The CT numbers of the signal with HIR were decreased depending on the level of HIR. We could not obtain effective information about the algorithm of HIR from the CT manufacturer, and we were therefore unable to determine the reason for the decrease in the CT numbers.

The decrease of the CT number of the signal reduced the contrast at mAs values lower than 50 with HIR at levels 5–7. Awai et al. [18] reported that there were some cases in which the tumor-to-liver contrast was just a few HU in enhanced CT, which suggests that it would be appropriate to choose an HIR level lower than 4 to prevent the significant decrease in the CT numbers of the signal at under 50 mAs.

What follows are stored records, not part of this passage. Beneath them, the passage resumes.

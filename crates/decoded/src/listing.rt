//! Lists of like lines: words, logs, pages and quadwords.

ghost use Rattle.std.specs.Prelude.{◌≡◌, ◌≤◌, ◌<◌, ◌++◌, OnOk};
ghost use Rattle.decoded.specs.Listings.{word_octets, qword_octets, is_in_text, word_line, log_pages_line, supported_page_line, qword_line, listing_line, listing_lines};

use crate::field::{append_hex_line, append_prefixed_hex, byte_at, number};
use basics::append_decimal;
use std::alloc::{AllocError, Global};

/// What is listed.
#[derive(Clone, Copy)]
pub(crate) enum Listing {
    /// The words of IDENTIFY DEVICE that are not 0.
    Words,
    /// The logs that have pages.
    Logs,
    /// The pages that a list of pages names.
    Pages,
    /// The quadwords of a page that are not 0.
    Qwords,
}

/// The bytes of a word, the highest first.
fn word_octets(bytes: &[u8], n: u16) -> [u8; 2]
    ensures { result ≡ word_octets bytes.now n }
{
    let at = 2 * usize::from(n);
    [byte_at(bytes, at + 1), byte_at(bytes, at)]
}

/// The bytes of a quadword, the highest first.
fn qword_octets(bytes: &[u8], n: u16) -> [u8; 8]
    ensures { result ≡ qword_octets bytes.now n }
{
    let at = 8 * usize::from(n);
    [
        byte_at(bytes, at + 7),
        byte_at(bytes, at + 6),
        byte_at(bytes, at + 5),
        byte_at(bytes, at + 4),
        byte_at(bytes, at + 3),
        byte_at(bytes, at + 2),
        byte_at(bytes, at + 1),
        byte_at(bytes, at),
    ]
}

/// Whether a word has the characters of a name.
fn is_in_text(word: u16) -> bool
    ensures { result ≡ is_in_text word }
{
    matches!(word, 10..=19 | 23..=46)
}

/// Appends the line of a word that is not 0, and has no characters.
fn append_word(alloc: Global, text: &mut Vec<u8>, bytes: &[u8], n: u16) -> Result<(), AllocError>
    ensures { OnOk result (text.new.items ≡ text.old.items ++ word_line bytes.now n) }
{
    let octets = word_octets(bytes, n);
    if is_in_text(n) || number(&octets) == 0 {
        return Ok(());
    }
    text.extend_from_slice(b"Word ")?;
    append_decimal(alloc, text, u64::from(n))?;
    text.extend_from_slice(b" ")?;
    append_prefixed_hex(text, &octets)?;
    text.extend_from_slice(b"\n")?;
    Ok(())
}

/// Appends the line of a log that has pages.
fn append_log(alloc: Global, text: &mut Vec<u8>, bytes: &[u8], n: u16) -> Result<(), AllocError>
    requires { n < 256 }
    ensures { OnOk result (text.new.items ≡ text.old.items ++ log_pages_line bytes.now n) }
{
    let pages = number(&word_octets(bytes, n));
    if n == 0 || pages == 0 {
        return Ok(());
    }
    text.extend_from_slice(b"Log ")?;
    append_prefixed_hex(text, &[n as u8])?;
    text.extend_from_slice(b" ")?;
    append_decimal(alloc, text, pages)?;
    text.extend_from_slice(b"\n")?;
    Ok(())
}

/// Appends the line of a page that is there.
fn append_page(alloc: Global, text: &mut Vec<u8>, bytes: &[u8], n: u16) -> Result<(), AllocError>
    ensures { OnOk result (text.new.items ≡ text.old.items ++ supported_page_line bytes.now n) }
{
    let page = byte_at(bytes, 9 + usize::from(n));
    append_hex_line(alloc, text, "SupportedPage", &[page])?;
    Ok(())
}

/// Appends the line of a quadword that is not 0.
fn append_qword(alloc: Global, text: &mut Vec<u8>, bytes: &[u8], n: u16) -> Result<(), AllocError>
    ensures { OnOk result (text.new.items ≡ text.old.items ++ qword_line bytes.now n) }
{
    let octets = qword_octets(bytes, n);
    if n == 0 || number(&octets) == 0 {
        return Ok(());
    }
    text.extend_from_slice(b"Qword ")?;
    append_decimal(alloc, text, u64::from(n))?;
    text.extend_from_slice(b" ")?;
    append_prefixed_hex(text, &octets)?;
    text.extend_from_slice(b"\n")?;
    Ok(())
}

/// Appends a line of a list.
fn append_listed(
    alloc: Global,
    text: &mut Vec<u8>,
    listing: Listing,
    bytes: &[u8],
    n: u16,
) -> Result<(), AllocError>
    requires { n < 256 }
    ensures { OnOk result (text.new.items ≡ text.old.items ++ listing_line listing bytes.now n) }
{
    match listing {
        Listing::Words => append_word(alloc, text, bytes, n),
        Listing::Logs => append_log(alloc, text, bytes, n),
        Listing::Pages => append_page(alloc, text, bytes, n),
        Listing::Qwords => append_qword(alloc, text, bytes, n),
    }
}

/// Appends so many lines of a list, from number 0 on.
pub(crate) fn append_listing(
    alloc: Global,
    text: &mut Vec<u8>,
    listing: Listing,
    bytes: &[u8],
    count: u16,
) -> Result<(), AllocError>
    requires { count ≤ 256 }
    ensures { OnOk result (text.new.items ≡ text.old.items
        ++ listing_lines listing bytes.now count) }
{
    for n in 0..count {
        append_listed(alloc, text, listing, bytes, n)?;
    }
    Ok(())
}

HIR decreases noise with maintained structural edges by iteration processes, but HIR does not correct a structure destroyed by noise. Consequently, the low-contrast detectability of HIR was no improvement compared to that of FBP. Kihara et al. [19] reported that the use of HIR provided an improvement in low-contrast detectability compared to FBP, but Takata et al. [20] concluded that other commercial HIR algorithms did not provide any significant improvement in low-contrast detectability. The reason(s) for these inconsistent findings may be resolved by further studies of low-contrast detectability as examined here, or by more extensive low-contrast detectability studies.

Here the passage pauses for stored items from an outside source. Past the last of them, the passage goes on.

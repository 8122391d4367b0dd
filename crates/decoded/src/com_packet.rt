//! ComPackets (Core 2.01, section 3.2.3), with what they carry.

ghost use Rattle.std.specs.Prelude.{◌≡◌, ◌==◌, ◌++◌, OnOk, length, codes};
ghost use Rattle.compacket.specs.Frames.{reading, fault_of, com_packet_length};
ghost use Rattle.tcg_calls.specs.NamedText.{or_text};
ghost use Rattle.decoded.specs.Fields.{rows_of, cut_field};
ghost use Rattle.decoded.specs.Faults.{Checks};
ghost use Rattle.decoded.specs.Carried.{com_packet_fields, packet_fields, payload_line, carried_lines, com_packet_lines, frame_fault_said, com_packet_wrong};

use crate::fault::DecodeFault;
use crate::field::{
    Field, Form, append_hex_line, append_line, append_rows, behind, byte_at, check_fields,
    cut_field,
};
use byteorder::{BigEndian, ByteOrder};
use compacket::{FrameError, open};
use std::alloc::{AllocError, Global};
use tcg_calls::named_tokens::named_item_text;
use tcg_tokens::{TokenError, read_item};

const COM_PACKET: [Field; 5] = [
    Field("ComID", &[4, 5], Form::Hex),
    Field("ComIDExtension", &[6, 7], Form::Hex),
    Field("OutstandingData", &[8, 9, 10, 11], Form::Decimal),
    Field("MinTransfer", &[12, 13, 14, 15], Form::Decimal),
    Field("ComPacketLength", &[16, 17, 18, 19], Form::Decimal),
];

/// Where the length of the ComPacket stands.
const LENGTH_PLACE: usize = 16;

/// The headers of the packet and of the subpacket.
const PACKET: [Field; 8] = [
    Field("TSN", &[20, 21, 22, 23], Form::Decimal),
    Field("HSN", &[24, 25, 26, 27], Form::Decimal),
    Field("SeqNumber", &[28, 29, 30, 31], Form::Decimal),
    Field("AckType", &[34, 35], Form::Hex),
    Field("Acknowledgement", &[36, 37, 38, 39], Form::Decimal),
    Field("PacketLength", &[40, 41, 42, 43], Form::Decimal),
    Field("SubpacketKind", &[50, 51], Form::Hex),
    Field("SubpacketLength", &[52, 53, 54, 55], Form::Decimal),
];

#[tactic(auto, unfolding(crate::specs::Carried::com_packet_fields))]
fn com_packet_fields() -> &'static [Field]
    ensures { rows_of result.now ≡ com_packet_fields }
{
    &COM_PACKET
}

#[tactic(auto, unfolding(crate::specs::Carried::packet_fields))]
fn packet_fields() -> &'static [Field]
    ensures { rows_of result.now ≡ packet_fields }
{
    &PACKET
}

/// Whether a ComPacket carries nothing, by its length.
fn is_empty(bytes: &[u8]) -> bool
    ensures { result ≡ (com_packet_length bytes.now == 0) }
{
    let rest = behind(bytes, LENGTH_PLACE);
    let length = [
        byte_at(rest, 0),
        byte_at(rest, 1),
        byte_at(rest, 2),
        byte_at(rest, 3),
    ];
    BigEndian::read_u32(&length) == 0
}

/// The field within which the bytes of a ComPacket end that is not all there.
fn cut_part(bytes: &[u8]) -> &'static str
    ensures { result.now ≡ or_text (cut_field packet_fields (length bytes.now)) (codes "Payload") }
{
    match cut_field(packet_fields(), bytes.len()) {
        Some(name) => name,
        None => "Payload",
    }
}

/// Sees that bytes have a ComPacket in them that carries a payload.
fn check_carried(bytes: &[u8]) -> Result<(), DecodeFault>
    ensures { Checks (frame_fault_said (fault_of bytes.now) bytes.now) result }
{
    match open(bytes) {
        Ok(_) => Ok(()),
        Err(FrameError::Short) => Err(DecodeFault::Cut(cut_part(bytes))),
        Err(fault) => Err(DecodeFault::Frame(fault)),
    }
}

/// Sees that bytes have a ComPacket in them, whole.
pub(crate) fn check_com_packet(bytes: &[u8]) -> Result<(), DecodeFault>
    ensures { Checks (com_packet_wrong bytes.now) result }
{
    check_fields(com_packet_fields(), bytes)?;
    if is_empty(bytes) {
        return Ok(());
    }
    check_carried(bytes)?;
    Ok(())
}

/// Appends the line of a payload.
fn append_payload(alloc: Global, text: &mut Vec<u8>, payload: &[u8]) -> Result<(), AllocError>
    ensures { OnOk result (text.new.items ≡ text.old.items ++ payload_line payload.now) }
{
    match read_item(alloc, payload) {
        Ok(item) => {
            let told = named_item_text(alloc, &item)?;
            append_line(text, "Tokens", told.as_bytes())?;
            Ok(())
        }
        Err(TokenError::OutOfMemory) => Err(AllocError),
        Err(_) => {
            append_hex_line(alloc, text, "Payload", payload)?;
            Ok(())
        }
    }
}

/// Appends what stands behind the header of a ComPacket.
fn append_carried(alloc: Global, text: &mut Vec<u8>, bytes: &[u8]) -> Result<(), AllocError>
    ensures { OnOk result
        (text.new.items ≡ text.old.items ++ carried_lines (reading bytes.now) bytes.now) }
{
    match open(bytes) {
        Ok(opened) => {
            append_rows(alloc, text, packet_fields(), bytes)?;
            append_payload(alloc, text, opened.payload)?;
            Ok(())
        }
        Err(_) => Ok(()),
    }
}

/// Appends the lines of a ComPacket.
pub(crate) fn append_com_packet(
    alloc: Global,
    text: &mut Vec<u8>,
    bytes: &[u8],
) -> Result<(), AllocError>
    ensures { OnOk result (text.new.items ≡ text.old.items ++ com_packet_lines bytes.now) }
{
    append_rows(alloc, text, com_packet_fields(), bytes)?;
    append_carried(alloc, text, bytes)?;
    Ok(())
}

Our phantom investigation had the following limitations. Because it was an investigation of low-contrast detectability in phantom images, spatial resolution was not involved, and clinical studies are required for the confirmation of our findings. In addition, because the phantom size was fixed, the influence of the beam-hardening effect when the object size changes was not considered. Only the standard reconstruction kernel for an abdominal examination was used; the findings may not apply to a head CT examination. The evaluators’ knowledge of the cylinders’ sizes and locations might have created a bias in the visual inspection [21]. However, Takata et al. [20] reported no improvement of low-contrast detectability when other commercial HIR algorithms were used; therefore, such bias in our study may not have affected the results obtained.

We conclude that the use of HIR did not result in an improvement of low-contrast detectability with 1.0 % contrast at all mAs levels. However, HIR was effective for correcting the CT number increase caused by photon starvation at extremely low-dose levels, whereas the indicated CT number and contrast decreased at HIR levels 5–7.